Assignment.
The data should be duplicated exactly, with every word kept as it is.
■ ■ ■ ■
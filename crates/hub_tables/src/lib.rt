//! Defines the tables of a hub (rows of eleven kinds, each sorted by key), their changes, and what each supplier sees
//! of them.
#![tactic(auto)]

mod cases;
mod change;
mod column;
mod laws;
mod register;
mod rows;

pub use cases::{Arrival, LineState, MailKind, Side};
pub use change::Change;
pub use column::{Case, Column};
pub use laws::{founded_tables_hold_their_register, rows_are_a_set};
pub use register::{put_row_changes, row_changes};
pub use rows::{
    AdviceRow, ContentRow, HubRow, KeyRow, LineRow, MailRow, OrderRow, PalletRow, PrefixRow,
    ReceiptRow, RememberedRow,
};
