//! Defines the enums whose cases are stored in rows.
use crate::column::Case;

/// The answer to an order line.
#[derive(Clone, Copy, Debug, PartialEq, Eq)]
pub enum LineState {
    /// W: not answered yet.
    Waiting,
    /// A: accepted without amendment (LIN 1229 5, BGM 1225 29).
    Accepted,
    /// N: not accepted (LIN 1229 7, BGM 1225 27).
    NotAccepted,
    /// C: changed (LIN 1229 3 or 6).
    Changed,
}

impl Case for LineState {
    ghost use Rattle.hub_tables.specs.Cases.{answer_letter, every_answer, answers_small};

    ghost number = { answer_letter };

    ghost every = { every_answer };

    ghost small = { answers_small };

    fn code(self) -> u8 {
        match self {
            LineState::Waiting => b'W',
            LineState::Accepted => b'A',
            LineState::NotAccepted => b'N',
            LineState::Changed => b'C',
        }
    }

    fn all() -> &'static [Self] {
        &[
            LineState::Waiting,
            LineState::Accepted,
            LineState::NotAccepted,
            LineState::Changed,
        ]
    }
}

/// The kind of message or request that is remembered.
#[derive(Clone, Copy, Debug, PartialEq, Eq)]
pub enum Side {
    /// R: a message of the retailer.
    Retailer,
    /// S: a message of the supplier.
    Supplier,
    /// C: a cancellation.
    Cancellation,
}

impl Case for Side {
    ghost use Rattle.hub_tables.specs.Cases.{side_letter, every_side, sides_small};

    ghost number = { side_letter };

    ghost every = { every_side };

    ghost small = { sides_small };

    fn code(self) -> u8 {
        match self {
            Side::Retailer => b'R',
            Side::Supplier => b'S',
            Side::Cancellation => b'C',
        }
    }

    fn all() -> &'static [Self] {
        &[Side::Retailer, Side::Supplier, Side::Cancellation]
    }
}

/// The type of a message in a mailbox.
#[derive(Clone, Copy, Debug, PartialEq, Eq)]
pub enum MailKind {
    /// O: ORDERS.
    Orders,
    /// R: RECADV.
    Receipt,
}

impl Case for MailKind {
    ghost use Rattle.hub_tables.specs.Cases.{kind_letter, every_kind, kinds_small};

    ghost number = { kind_letter };

    ghost every = { every_kind };

    ghost small = { kinds_small };

    fn code(self) -> u8 {
        match self {
            MailKind::Orders => b'O',
            MailKind::Receipt => b'R',
        }
    }

    fn all() -> &'static [Self] {
        &[MailKind::Orders, MailKind::Receipt]
    }
}

/// The state of a pallet.
#[derive(Clone, Copy, Debug, PartialEq, Eq)]
pub enum Arrival {
    /// 0: announced by a despatch advice.
    Announced,
    /// 1: received.
    Received,
    /// 2: received by an advice that replaces earlier ones, if there were any.
    Replaced,
}

impl Case for Arrival {
    ghost use Rattle.hub_tables.specs.Cases.{arrival_number, every_arrival, arrivals_small};

    ghost number = { arrival_number };

    ghost every = { every_arrival };

    ghost small = { arrivals_small };

    fn code(self) -> u8 {
        match self {
            Arrival::Announced => 0,
            Arrival::Received => 1,
            Arrival::Replaced => 2,
        }
    }

    fn all() -> &'static [Self] {
        &[Arrival::Announced, Arrival::Received, Arrival::Replaced]
    }
}

impl Case for bool {
    ghost use Rattle.hub_tables.specs.Cases.{truth_number, every_truth, truths_small};

    ghost number = { truth_number };

    ghost every = { every_truth };

    ghost small = { truths_small };

    fn code(self) -> u8 {
        if self { 1 } else { 0 }
    }

    fn all() -> &'static [Self] {
        &[true, false]
    }
}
■ ■ ■ ■
Solution for this exercise.
filename crates/hub_tables/src/lib.rt
//! Defines the tables of a hub (rows of eleven kinds, each sorted by key), their changes, and what each supplier sees
//! of them.
#![tactic(auto)]

mod cases;
mod change;
mod column;
mod laws;
mod register;
mod rows;

pub use cases::{Arrival, LineState, MailKind, Side};
pub use change::Change;
pub use column::{Case, Column};
pub use laws::{founded_tables_hold_their_register, rows_are_a_set};
pub use register::{put_row_changes, row_changes};
pub use rows::{
    AdviceRow, ContentRow, HubRow, KeyRow, LineRow, MailRow, OrderRow, PalletRow, PrefixRow,
    ReceiptRow, RememberedRow,
};
//! Defines the enums whose cases are stored in rows.
use crate::column::Case;

/// The answer to an order line.
#[derive(Clone, Copy, Debug, PartialEq, Eq)]
pub enum LineState {
    /// W: not answered yet.
    Waiting,
    /// A: accepted without amendment (LIN 1229 5, BGM 1225 29).
    Accepted,
    /// N: not accepted (LIN 1229 7, BGM 1225 27).
    NotAccepted,
    /// C: changed (LIN 1229 3 or 6).
    Changed,
}

impl Case for LineState {
    ghost use Rattle.hub_tables.specs.Cases.{answer_letter, every_answer, answers_small};

    ghost number = { answer_letter };

    ghost every = { every_answer };

    ghost small = { answers_small };

    fn code(self) -> u8 {
        match self {
            LineState::Waiting => b'W',
            LineState::Accepted => b'A',
            LineState::NotAccepted => b'N',
            LineState::Changed => b'C',
        }
    }

    fn all() -> &'static [Self] {
        &[
            LineState::Waiting,
            LineState::Accepted,
            LineState::NotAccepted,
            LineState::Changed,
        ]
    }
}

/// The kind of message or request that is remembered.
#[derive(Clone, Copy, Debug, PartialEq, Eq)]
pub enum Side {
    /// R: a message of the retailer.
    Retailer,
    /// S: a message of the supplier.
    Supplier,
    /// C: a cancellation.
    Cancellation,
}

impl Case for Side {
    ghost use Rattle.hub_tables.specs.Cases.{side_letter, every_side, sides_small};

    ghost number = { side_letter };

    ghost every = { every_side };

    ghost small = { sides_small };

    fn code(self) -> u8 {
        match self {
            Side::Retailer => b'R',
            Side::Supplier => b'S',
            Side::Cancellation => b'C',
        }
    }

    fn all() -> &'static [Self] {
        &[Side::Retailer, Side::Supplier, Side::Cancellation]
    }
}

/// The type of a message in a mailbox.
#[derive(Clone, Copy, Debug, PartialEq, Eq)]
pub enum MailKind {
    /// O: ORDERS.
    Orders,
    /// R: RECADV.
    Receipt,
}

impl Case for MailKind {
    ghost use Rattle.hub_tables.specs.Cases.{kind_letter, every_kind, kinds_small};

    ghost number = { kind_letter };

    ghost every = { every_kind };

    ghost small = { kinds_small };

    fn code(self) -> u8 {
        match self {
            MailKind::Orders => b'O',
            MailKind::Receipt => b'R',
        }
    }

    fn all() -> &'static [Self] {
        &[MailKind::Orders, MailKind::Receipt]
    }
}

/// The state of a pallet.
#[derive(Clone, Copy, Debug, PartialEq, Eq)]
pub enum Arrival {
    /// 0: announced by a despatch advice.
    Announced,
    /// 1: received.
    Received,
    /// 2: received by an advice that replaces earlier ones, if there were any.
    Replaced,
}

impl Case for Arrival {
    ghost use Rattle.hub_tables.specs.Cases.{arrival_number, every_arrival, arrivals_small};

    ghost number = { arrival_number };

    ghost every = { every_arrival };

    ghost small = { arrivals_small };

    fn code(self) -> u8 {
        match self {
            Arrival::Announced => 0,
            Arrival::Received => 1,
            Arrival::Replaced => 2,
        }
    }

    fn all() -> &'static [Self] {
        &[Arrival::Announced, Arrival::Received, Arrival::Replaced]
    }
}

impl Case for bool {
    ghost use Rattle.hub_tables.specs.Cases.{truth_number, every_truth, truths_small};

    ghost number = { truth_number };

    ghost every = { every_truth };

    ghost small = { truths_small };

    fn code(self) -> u8 {
        if self { 1 } else { 0 }
    }

    fn all() -> &'static [Self] {
        &[true, false]
    }
}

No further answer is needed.